◆ What needs to be done ◆
Each entry below should be printed exactly as given.
[Given information — start]
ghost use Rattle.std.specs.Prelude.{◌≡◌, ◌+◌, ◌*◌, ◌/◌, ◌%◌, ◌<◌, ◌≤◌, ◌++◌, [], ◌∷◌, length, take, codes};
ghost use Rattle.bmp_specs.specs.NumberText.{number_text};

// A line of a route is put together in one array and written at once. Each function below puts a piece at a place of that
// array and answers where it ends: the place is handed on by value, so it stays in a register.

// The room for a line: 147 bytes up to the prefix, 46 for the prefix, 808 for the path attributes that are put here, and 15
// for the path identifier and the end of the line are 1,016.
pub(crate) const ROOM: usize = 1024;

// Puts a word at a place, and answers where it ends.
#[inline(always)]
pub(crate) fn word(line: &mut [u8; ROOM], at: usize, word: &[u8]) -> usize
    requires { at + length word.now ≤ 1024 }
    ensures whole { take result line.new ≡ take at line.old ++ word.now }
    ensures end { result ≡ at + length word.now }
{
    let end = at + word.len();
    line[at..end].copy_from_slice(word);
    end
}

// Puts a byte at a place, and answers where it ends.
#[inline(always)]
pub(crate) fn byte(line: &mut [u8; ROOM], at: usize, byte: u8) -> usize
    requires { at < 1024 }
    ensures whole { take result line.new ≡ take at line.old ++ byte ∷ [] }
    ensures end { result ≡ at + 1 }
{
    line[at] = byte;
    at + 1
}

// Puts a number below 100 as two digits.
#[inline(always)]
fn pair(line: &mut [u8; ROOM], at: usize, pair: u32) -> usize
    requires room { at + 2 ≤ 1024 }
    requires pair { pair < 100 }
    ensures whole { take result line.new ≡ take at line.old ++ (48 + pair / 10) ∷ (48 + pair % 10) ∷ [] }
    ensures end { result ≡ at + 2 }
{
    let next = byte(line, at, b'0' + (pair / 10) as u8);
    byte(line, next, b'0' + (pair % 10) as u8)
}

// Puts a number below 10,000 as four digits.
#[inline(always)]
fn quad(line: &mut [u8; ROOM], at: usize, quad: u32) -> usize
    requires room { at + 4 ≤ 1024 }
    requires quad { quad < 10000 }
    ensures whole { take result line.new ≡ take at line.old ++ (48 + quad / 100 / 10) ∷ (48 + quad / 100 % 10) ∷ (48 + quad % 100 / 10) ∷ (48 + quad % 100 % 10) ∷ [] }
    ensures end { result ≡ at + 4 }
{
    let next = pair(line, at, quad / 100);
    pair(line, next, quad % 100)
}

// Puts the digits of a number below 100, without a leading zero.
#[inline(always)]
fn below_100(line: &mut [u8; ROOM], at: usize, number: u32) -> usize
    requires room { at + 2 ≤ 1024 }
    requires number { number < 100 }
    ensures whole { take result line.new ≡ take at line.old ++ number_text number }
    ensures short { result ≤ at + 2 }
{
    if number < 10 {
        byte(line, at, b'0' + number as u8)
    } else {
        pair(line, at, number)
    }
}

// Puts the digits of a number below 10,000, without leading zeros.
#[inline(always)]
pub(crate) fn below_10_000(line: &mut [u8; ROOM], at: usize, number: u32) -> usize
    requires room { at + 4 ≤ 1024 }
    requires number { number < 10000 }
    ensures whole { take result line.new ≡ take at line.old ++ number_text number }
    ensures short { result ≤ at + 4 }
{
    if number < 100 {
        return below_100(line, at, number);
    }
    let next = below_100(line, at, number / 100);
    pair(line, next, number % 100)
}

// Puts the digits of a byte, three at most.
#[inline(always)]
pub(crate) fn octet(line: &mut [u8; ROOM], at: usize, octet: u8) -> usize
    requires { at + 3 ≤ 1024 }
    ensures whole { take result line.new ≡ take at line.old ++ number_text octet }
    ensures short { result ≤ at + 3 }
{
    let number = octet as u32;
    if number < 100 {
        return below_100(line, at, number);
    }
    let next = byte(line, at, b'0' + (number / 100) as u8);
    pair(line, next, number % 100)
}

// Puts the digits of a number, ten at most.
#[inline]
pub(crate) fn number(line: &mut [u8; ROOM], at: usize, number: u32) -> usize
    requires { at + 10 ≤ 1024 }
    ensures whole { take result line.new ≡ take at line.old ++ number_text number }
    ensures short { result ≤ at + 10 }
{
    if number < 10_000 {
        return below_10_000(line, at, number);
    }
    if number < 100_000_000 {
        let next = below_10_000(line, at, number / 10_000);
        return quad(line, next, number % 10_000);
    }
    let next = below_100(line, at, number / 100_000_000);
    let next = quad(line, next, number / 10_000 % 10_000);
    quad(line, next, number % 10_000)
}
[Given information — finish]
◆ Written solution ◆
ghost use Rattle.std.specs.Prelude.{◌≡◌, ◌+◌, ◌*◌, ◌/◌, ◌%◌, ◌<◌, ◌≤◌, ◌++◌, [], ◌∷◌, length, take, codes};
ghost use Rattle.bmp_specs.specs.NumberText.{number_text};

// A line of a route is put together in one array and written at once. Each function below puts a piece at a place of that
// array and answers where it ends: the place is handed on by value, so it stays in a register.

// The room for a line: 147 bytes up to the prefix, 46 for the prefix, 808 for the path attributes that are put here, and 15
// for the path identifier and the end of the line are 1,016.
pub(crate) const ROOM: usize = 1024;

// Puts a word at a place, and answers where it ends.
#[inline(always)]
pub(crate) fn word(line: &mut [u8; ROOM], at: usize, word: &[u8]) -> usize
    requires { at + length word.now ≤ 1024 }
    ensures whole { take result line.new ≡ take at line.old ++ word.now }
    ensures end { result ≡ at + length word.now }
{
    let end = at + word.len();
    line[at..end].copy_from_slice(word);
    end
}

// Puts a byte at a place, and answers where it ends.
#[inline(always)]
pub(crate) fn byte(line: &mut [u8; ROOM], at: usize, byte: u8) -> usize
    requires { at < 1024 }
    ensures whole { take result line.new ≡ take at line.old ++ byte ∷ [] }
    ensures end { result ≡ at + 1 }
{
    line[at] = byte;
    at + 1
}

// Puts a number below 100 as two digits.
#[inline(always)]
fn pair(line: &mut [u8; ROOM], at: usize, pair: u32) -> usize
    requires room { at + 2 ≤ 1024 }
    requires pair { pair < 100 }
    ensures whole { take result line.new ≡ take at line.old ++ (48 + pair / 10) ∷ (48 + pair % 10) ∷ [] }
    ensures end { result ≡ at + 2 }
{
    let next = byte(line, at, b'0' + (pair / 10) as u8);
    byte(line, next, b'0' + (pair % 10) as u8)
}

// Puts a number below 10,000 as four digits.
#[inline(always)]
fn quad(line: &mut [u8; ROOM], at: usize, quad: u32) -> usize
    requires room { at + 4 ≤ 1024 }
    requires quad { quad < 10000 }
    ensures whole { take result line.new ≡ take at line.old ++ (48 + quad / 100 / 10) ∷ (48 + quad / 100 % 10) ∷ (48 + quad % 100 / 10) ∷ (48 + quad % 100 % 10) ∷ [] }
    ensures end { result ≡ at + 4 }
{
    let next = pair(line, at, quad / 100);
    pair(line, next, quad % 100)
}

// Puts the digits of a number below 100, without a leading zero.
#[inline(always)]
fn below_100(line: &mut [u8; ROOM], at: usize, number: u32) -> usize
    requires room { at + 2 ≤ 1024 }
    requires number { number < 100 }
    ensures whole { take result line.new ≡ take at line.old ++ number_text number }
    ensures short { result ≤ at + 2 }
{
    if number < 10 {
        byte(line, at, b'0' + number as u8)
    } else {
        pair(line, at, number)
    }
}

// Puts the digits of a number below 10,000, without leading zeros.
#[inline(always)]
pub(crate) fn below_10_000(line: &mut [u8; ROOM], at: usize, number: u32) -> usize
    requires room { at + 4 ≤ 1024 }
    requires number { number < 10000 }
    ensures whole { take result line.new ≡ take at line.old ++ number_text number }
    ensures short { result ≤ at + 4 }
{
    if number < 100 {
        return below_100(line, at, number);
    }
    let next = below_100(line, at, number / 100);
    pair(line, next, number % 100)
}

// Puts the digits of a byte, three at most.
#[inline(always)]
pub(crate) fn octet(line: &mut [u8; ROOM], at: usize, octet: u8) -> usize
    requires { at + 3 ≤ 1024 }
    ensures whole { take result line.new ≡ take at line.old ++ number_text octet }
    ensures short { result ≤ at + 3 }
{
    let number = octet as u32;
    if number < 100 {
        return below_100(line, at, number);
    }
    let next = byte(line, at, b'0' + (number / 100) as u8);
    pair(line, next, number % 100)
}

// Puts the digits of a number, ten at most.
#[inline]
pub(crate) fn number(line: &mut [u8; ROOM], at: usize, number: u32) -> usize
    requires { at + 10 ≤ 1024 }
    ensures whole { take result line.new ≡ take at line.old ++ number_text number }
    ensures short { result ≤ at + 10 }
{
    if number < 10_000 {
        return below_10_000(line, at, number);
    }
    if number < 100_000_000 {
        let next = below_10_000(line, at, number / 10_000);
        return quad(line, next, number % 10_000);
    }
    let next = below_100(line, at, number / 100_000_000);
    let next = quad(line, next, number / 10_000 % 10_000);
    quad(line, next, number % 10_000)
}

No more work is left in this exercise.